3.5. Bactericidal Effect of Hospital Wastewater

The results of a recent study, using wastewater samples from the same collection sites as the current study, suggested a risk of selection of multi-resistant E. coli strains during sampling, especially in the case of hospital wastewater [22]. When E. coli strains were incubated in sterile-filtered hospital wastewater at 20 °C in the current study, the observed changes in number of CFUs over time confirmed the findings by Kraupner et al. (Figure 1).
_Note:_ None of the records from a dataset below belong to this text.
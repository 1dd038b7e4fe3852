//! 16-bit descriptors that own no memory: buffers with a stated maximum length, and views.
//!
//! Positions, counts and lengths are in units of 16 bits. Source of the rules for edits: Symbian OS v9 SDK reference, 16-bit descriptors.
#![tactic(auto)]

pub mod buf;
pub mod units;

pub use buf::Buf;
pub use units::{Units, append_bytes, append_units};
pub use wb_basics::items::Chars;
pub use wb_heap_model::heap::Panic;
pub use wb_heap_model::text::{Base, View};
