//! The parts of a script's lines that messages are about.

ghost use Rattle.std.specs.Prelude.{◌≡◌, length, slice_get, MatchOption};

use crate::shown::Shown;
use crate::words::Word;

/// A part of a line: the column in which it begins, counted from 0, and its length in bytes.
#[derive(Clone, Copy)]
pub struct Span {
    pub column: usize,
    pub length: usize,
}

/// A part of a line of the script: the line's number, counted from 1, the line's text without the blanks around it, the part, and the word
/// at the part. If the part is the whole line, the word is empty.
#[derive(Clone, Copy)]
pub struct Spot<'a> {
    pub number: usize,
    pub text: &'a [u8],
    pub span: Span,
    pub word: &'a [u8],
}

impl<'a> Spot<'a> {
    /// The word as messages show it.
    pub fn shown_word(&self) -> Shown<'a> {
        Shown::word(self.word)
    }

    /// Returns the whole line as a part, with no word.
    pub fn of_line(number: usize, text: &'a [u8]) -> Spot<'a>
        ensures number { result.number ≡ number }
        ensures text { result.text.now ≡ text.now }
        ensures column { result.span.column ≡ 0 }
        ensures length { result.span.length ≡ length text.now }
        ensures word { length result.word.now ≡ 0 }
    {
        Spot {
            number,
            text,
            span: Span {
                column: 0,
                length: text.len(),
            },
            word: &[],
        }
    }

    /// Returns the part that the line's word with this index takes up, counted from 0; the whole line if there is no such word.
    pub fn of_word(number: usize, text: &'a [u8], words: &[Word<'a>], index: usize) -> Spot<'a>
        ensures number { result.number ≡ number }
        ensures text { result.text.now ≡ text.now }
        ensures span { MatchOption (slice_get words.now index) (result.span.column ≡ 0)
            (λ word. result.span.column ≡ word.column) }
        ensures length { MatchOption (slice_get words.now index)
            (result.span.length ≡ length text.now)
            (λ word. result.span.length ≡ length word.text.now) }
    {
        match words.get(index) {
            Some(word) => Spot {
                number,
                text,
                span: word.span(),
                word: word.text,
            },
            None => Spot::of_line(number, text),
        }
    }
}
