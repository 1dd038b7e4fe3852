//! Pages of explanations: messages about lines of a script, each shown with carets under the part of the line that the message is about.
//!
//! The functions turn values into text and have no other effect. No report depends on them. The crates that use this crate write what the
//! messages say.
#![tactic(auto)]

pub mod page;
pub mod parts;
pub mod shown;
pub mod spots;
pub mod words;

pub use page::Page;
pub use parts::{Part, PartKind};
pub use shown::Shown;
pub use spots::{Span, Spot};
pub use words::Word;
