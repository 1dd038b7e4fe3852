//! Texts that can be read, unit by unit or as a whole.

ghost use Rattle.std.specs.Prelude.{ℕ, ◌≡◌, ◌+◌, ◌<◌, ◌≤◌, ◌^◌, ◌++◌, List, length, slice_index};
ghost use Rattle.wb_heap_model.specs.Texts.{AreUnits};

use arrayvec::ArrayVec;
use wb_basics::items::Chars;

/// A text that can be read: a length, and the unit at each position below this length.
pub trait Units {
    ghost use Rattle.std.specs.Prelude.{ℕ, List};

    /// Whether the text may be read.
    ghost can_read: { Self → Type 0 };

    /// The units, in order.
    ghost units: { Self → List ℕ };

    /// How many units there are.
    fn length(&self) -> u32
        requires { can_read self.now }
        ensures { result ≡ length (units self.now) };

    /// The unit at a position.
    fn unit(&self, at: u32) -> u16
        requires can { can_read self.now }
        requires within { at < length (units self.now) }
        ensures { result ≡ slice_index (units self.now) at };

    /// Appends the text's units to `to`.
    fn append_to(&self, to: &mut ArrayVec<u16, 256>)
        requires can { can_read self.now }
        requires room { length to.old.items + length (units self.now) ≤ 256 }
        ensures items { to.new.items ≡ to.old.items ++ units self.now }
        ensures are_units { AreUnits to.old.items → AreUnits to.new.items };
}

/// Makes a literal usable as a text that can be read: each byte is a unit.
impl Units for Chars {
    ghost can_read = { λ bytes. length bytes < 2 ^ 32 };

    ghost units = { λ bytes. bytes };

    fn length(&self) -> u32 {
        self.len() as u32
    }

    fn unit(&self, at: u32) -> u16 {
        u16::from(self.as_slice()[at as usize])
    }

    fn append_to(&self, to: &mut ArrayVec<u16, 256>) {
        append_bytes(to, self.as_slice());
    }
}

/// Appends units.
pub fn append_units(to: &mut ArrayVec<u16, 256>, units: &[u16])
    requires { length to.old.items + length units.now ≤ 256 }
    ensures items { to.new.items ≡ to.old.items ++ units.now }
    ensures are_units { AreUnits to.old.items → AreUnits to.new.items }
{
    match to.try_extend_from_slice(units) {
        Ok(()) => (),
        Err(_) => unreachable!(),
    }
}

/// Appends bytes; each byte becomes a unit.
pub fn append_bytes(to: &mut ArrayVec<u16, 256>, bytes: &[u8])
    requires { length to.old.items + length bytes.now ≤ 256 }
    ensures items { to.new.items ≡ to.old.items ++ bytes.now }
    ensures are_units { AreUnits to.old.items → AreUnits to.new.items }
{
    for byte in bytes {
        to.push(u16::from(*byte));
    }
}
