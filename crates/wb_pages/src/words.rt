//! The words of a line with the columns in which they begin. The crate `wb_lines` decides which bytes of a line are words.

ghost use Rattle.std.specs.Prelude.{◌≡◌, length};

use crate::spots::Span;
use std::alloc::{AllocError, Global};
use wb_lines::segments::{add_words, is_blank};

/// A word of a line, and the column in which it begins, counted from 0.
#[derive(Clone, Copy)]
pub struct Word<'a> {
    pub text: &'a [u8],
    pub column: usize,
}

impl<'a> Word<'a> {
    /// The columns that the word takes up.
    pub fn span(self) -> Span
        ensures column { result.column ≡ self.entry.column }
        ensures length { result.length ≡ length self.entry.text.now }
    {
        Span {
            column: self.column,
            length: self.text.len(),
        }
    }
}

/// The bytes from the index `from` up to the index `to`; empty if `bytes` has no such part.
fn part<'a>(bytes: &'a [u8], from: usize, to: usize) -> &'a [u8] {
    if from <= to && to <= bytes.len() {
        &bytes[from..to]
    } else {
        &[]
    }
}

/// How many blanks a line begins with.
pub fn count_blanks(line: &[u8]) -> usize {
    for (index, byte) in line.iter().enumerate() {
        if !is_blank(*byte) {
            return index;
        }
    }
    line.len()
}

/// Returns a line without the blanks around it.
pub fn trim<'a>(line: &'a [u8]) -> &'a [u8] {
    let mut end = 0;
    for (index, byte) in line.iter().enumerate() {
        if !is_blank(*byte) {
            end = index + 1;
        }
    }
    part(line, count_blanks(line), end)
}

/// Returns the words of a line, which are given as texts, with their columns. Nothing but blanks may be between two successive words. The
/// only error is that memory ran out.
pub fn place_words<'a>(
    alloc: Global,
    line: &'a [u8],
    texts: &[&'a [u8]],
) -> Result<Vec<Word<'a>>, AllocError> {
    let mut words = Vec::with_capacity(alloc, texts.len())?;
    let mut end: usize = 0;
    for text in texts {
        let column = end.saturating_add(count_blanks(part(line, end, line.len())));
        words.push(Word { text, column })?;
        end = column.saturating_add(text.len());
    }
    Ok(words)
}

/// Returns the words of a line. The only error is that memory ran out.
pub fn words_of<'a>(alloc: Global, line: &'a [u8]) -> Result<Vec<Word<'a>>, AllocError> {
    let mut texts = Vec::new(alloc);
    add_words(&mut texts, line)?;
    place_words(alloc, line, &texts)
}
All the tested susceptible strains showed a marked drop in CFUs after 24 h (median log change −3.18) and were impacted already after 5 h (median −0.64). In contrast, five of the seven multi-resistant strains showed growth, with median log changes of 0.11 and 1.02 after 5 h and 24 h, respectively (Figure 1). The changes in CFUs after exposure to hospital wastewater were normalized to those observed during incubation in physiological saline solution. The normalized CFU changes were significantly different between multi-resistant and susceptible strains, both after 5 h (p = 0.042) and 24 h (p = 0.018) of incubation at 20 °C as assessed by the Mann–Whitney test.
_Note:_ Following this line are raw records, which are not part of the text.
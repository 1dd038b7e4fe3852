//! The buffer with a stated maximum length, TBuf.

ghost use Rattle.std.specs.Prelude.{◌≡◌, ◌+◌, ◌-◌, ◌<◌, ◌≤◌, [], ◌++◌, length, take, drop, replicate, slice_index};
ghost use Rattle.wb_heap_model.specs.Texts.{AreUnits, IsBuffer, answer_of, at_most, delete_text, edited};
ghost use Rattle.wb_heap_model.specs.Texts.{insert_text, set_length_text};

use crate::units::{Units, append_units};
use arrayvec::ArrayVec;
use std::marker::Model;
use wb_heap_model::heap::Panic;

/// A text with a stated maximum length, which is at most 256 units. The text allocates no memory.
///
/// A call that returns a panic leaves the text as it was. Source: Symbian OS v9 SDK reference, 16-bit descriptors.
#[derive(Debug, Drop)]
pub struct Buf {
    max: u32,
    units: ArrayVec<u16, 256>,
}

impl Model for Buf {
    ghost use Rattle.wb_heap_model.specs.Texts.{Buffer, IsBuffer};

    ghost Value = { Buffer };

    ghost view = { λ b. record { max = b.max; units = b.units.items } };

    ghost invariant = { λ b. IsBuffer (record { max = b.max; units = b.units.items }) };
}

impl Buf {
    /// Returns the empty text with this maximum length, in units.
    pub fn new(max: u32) -> Buf
        requires { max ≤ 256 }
        ensures { result ≡ record { max = max; units = [] } }
    {
        Buf {
            max,
            units: ArrayVec::new(),
        }
    }

    /// How many units the text has.
    pub fn length(&self) -> u32
        ensures length { result ≡ length self.now.units }
        ensures holds { IsBuffer self.now }
    {
        self.units.len() as u32
    }

    /// How many units the text may have.
    pub fn max(&self) -> u32
        ensures max { result ≡ self.now.max }
        ensures holds { IsBuffer self.now }
    {
        self.max
    }

    /// The units, in order.
    pub fn units(&self) -> &[u16]
        ensures units { result.now ≡ self.now.units }
        ensures holds { IsBuffer self.now }
    {
        self.units.as_slice()
    }

    /// The unit at a position.
    pub fn unit(&self, at: u32) -> u16
        requires { at < length self.now.units }
        ensures { result ≡ slice_index self.now.units at }
    {
        self.units[at as usize]
    }

    /// Replaces the text by the text of `source`.
    ///
    /// Returns `Panic::TOO_LONG` if the source's text is longer than the maximum length.
    pub fn copy<U: Units>(&mut self, source: &U) -> Result<(), Panic>
        requires { U.can_read source.now }
        ensures text { self.new ≡ edited self.old (at_most self.old.max (U.units source.now)) }
        ensures answer { result ≡ answer_of (at_most self.old.max (U.units source.now)) }
    {
        if self.max < source.length() {
            return Err(Panic::TOO_LONG);
        }
        self.units.clear();
        source.append_to(&mut self.units);
        Ok(())
    }

    /// Appends the text of `source`.
    ///
    /// Returns `Panic::TOO_LONG` if the resulting text would be longer than the maximum length.
    pub fn append<U: Units>(&mut self, source: &U) -> Result<(), Panic>
        requires { U.can_read source.now }
        ensures text { self.new
            ≡ edited self.old (at_most self.old.max (self.old.units ++ U.units source.now)) }
        ensures answer { result
            ≡ answer_of (at_most self.old.max (self.old.units ++ U.units source.now)) }
    {
        if self.max - self.length() < source.length() {
            return Err(Panic::TOO_LONG);
        }
        source.append_to(&mut self.units);
        Ok(())
    }

    /// Inserts the text of `source` before the unit at a position, or at the buffer's end if the position is the buffer's length.
    ///
    /// Returns `Panic::POSITION_OUT_OF_BOUNDS` if the position is past the end; otherwise `Panic::TOO_LONG` if the resulting text would be
    /// longer than the maximum length.
    pub fn insert<U: Units>(&mut self, position: u32, source: &U) -> Result<(), Panic>
        requires { U.can_read source.now }
        ensures text { self.new ≡ edited self.old
            (insert_text self.old.max self.old.units position (U.units source.now)) }
        ensures answer { result
            ≡ answer_of (insert_text self.old.max self.old.units position (U.units source.now)) }
    {
        let len = self.length();
        if len < position {
            return Err(Panic::POSITION_OUT_OF_BOUNDS);
        }
        if self.max - len < source.length() {
            return Err(Panic::TOO_LONG);
        }
        put_in(&mut self.units, position as usize, source);
        Ok(())
    }

    /// Removes `count` units from a position on. If the text has fewer than `count` units from the position on, the call removes all of
    /// these units.
    ///
    /// Returns `Panic::POSITION_OUT_OF_BOUNDS` if the position is past the end.
    pub fn delete(&mut self, position: u32, count: u32) -> Result<(), Panic>
        ensures text { self.new ≡ edited self.old (delete_text self.old.units position count) }
        ensures answer { result ≡ answer_of (delete_text self.old.units position count) }
    {
        let Some(rest) = self.length().checked_sub(position) else {
            return Err(Panic::POSITION_OUT_OF_BOUNDS);
        };
        take_out(&mut self.units, position as usize, count.min(rest) as usize);
        Ok(())
    }

    /// Sets the length of the text: drops the units past the new length, or appends zeros up to the new length.
    ///
    /// Returns `Panic::TOO_LONG` if the new length is above the maximum length.
    pub fn set_length(&mut self, length: u32) -> Result<(), Panic>
        ensures text { self.new
            ≡ edited self.old (set_length_text self.old.max self.old.units length) }
        ensures answer { result ≡ answer_of (set_length_text self.old.max self.old.units length) }
    {
        if self.max < length {
            return Err(Panic::TOO_LONG);
        }
        self.units.truncate(length as usize);
        fill_up(&mut self.units, length as usize);
        Ok(())
    }
}

/// Makes a buffer usable as a text that can be read.
impl Units for Buf {
    ghost can_read = { λ _. Unit {0} };

    ghost units = { λ b. b.units };

    fn length(&self) -> u32 {
        self.length()
    }

    fn unit(&self, at: u32) -> u16 {
        self.unit(at)
    }

    fn append_to(&self, to: &mut ArrayVec<u16, 256>) {
        append_units(to, self.units());
    }
}

/// Inserts the units of a text before the unit at a position.
fn put_in<U: Units>(units: &mut ArrayVec<u16, 256>, at: usize, source: &U)
    requires can { U.can_read source.now }
    requires within { at ≤ length units.old.items }
    requires room { length units.old.items + length (U.units source.now) ≤ 256 }
    ensures items { units.new.items
        ≡ take at units.old.items ++ U.units source.now ++ drop at units.old.items }
    ensures are_units { AreUnits units.old.items → AreUnits units.new.items }
{
    let mut following = ArrayVec::new();
    append_units(&mut following, &units.as_slice()[at..]);
    units.truncate(at);
    source.append_to(units);
    append_units(units, following.as_slice());
}

/// Removes `count` units from a position on.
fn take_out(units: &mut ArrayVec<u16, 256>, at: usize, count: usize)
    requires { at + count ≤ length units.old.items }
    ensures { units.new.items ≡ take at units.old.items ++ drop (at + count) units.old.items }
{
    let len = units.len();
    units.as_mut_slice().copy_within(at + count.., at);
    units.truncate(len - count);
}

/// Appends zeros until there are `len` units.
fn fill_up(units: &mut ArrayVec<u16, 256>, len: usize)
    requires from { length units.old.items ≤ len }
    requires most { len ≤ 256 }
    ensures { units.new.items ≡ units.old.items ++ replicate (len - length units.old.items) 0 }
{
    for _ in units.len()..len {
        units.push(0);
    }
}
When the stains were instead exposed to hospital wastewater at 4 °C, no significant differences were observed between susceptible and multi-resistant strains. Both groups of strains could maintain stable CFU numbers (Figure 1), showing median log changes of −0.09 (susceptible strains) and 0.01 (resistant strains), and −0.26 (susceptible strains) and −0.11 (resistant strains) after 5 h and 24 h, respectively. These results advise keeping the collection container cooled during wastewater sampling, to decrease the risk of selection of antibiotic-resistant strains and a skewed strain composition, not least when collecting composite 24 h samples at sites where the chemical content of the wastewater is suspected to exert such a selection pressure. Wastewater from the municipal site of this study has previously been shown to have a small selective effect, if any, for resistant strains [22]. It cannot, however, be excluded that municipal wastewater from parts of the world with higher antibiotic consumption could present a significantly higher risk of selection of resistant strains.

4. Conclusions

This study shows that both the choice of wastewater sampling method and the conditions under which the sample is being collected/stored can, depending on the sampling site, have a significant impact on E. coli diversity and strain composition. This, in turn, has implications for wastewater surveillance of antibiotic resistance and, more generally, for any study where bacteria from wastewater are meant to provide information about the microbiota of the contributing population. As wastewater monitoring of bacteria gains popularity as a means to collect health-related data from populations that are otherwise difficult to obtain, [1,2,3,4,13,28,29,30] we would like to highlight the importance of the sampling strategy. For the correct interpretation of the results, it is of the utmost importance that a thorough description of the sampling methods as well as how the collected sample is stored before analysis is provided, and that characteristics of the sampling point and the contributing population are disclosed.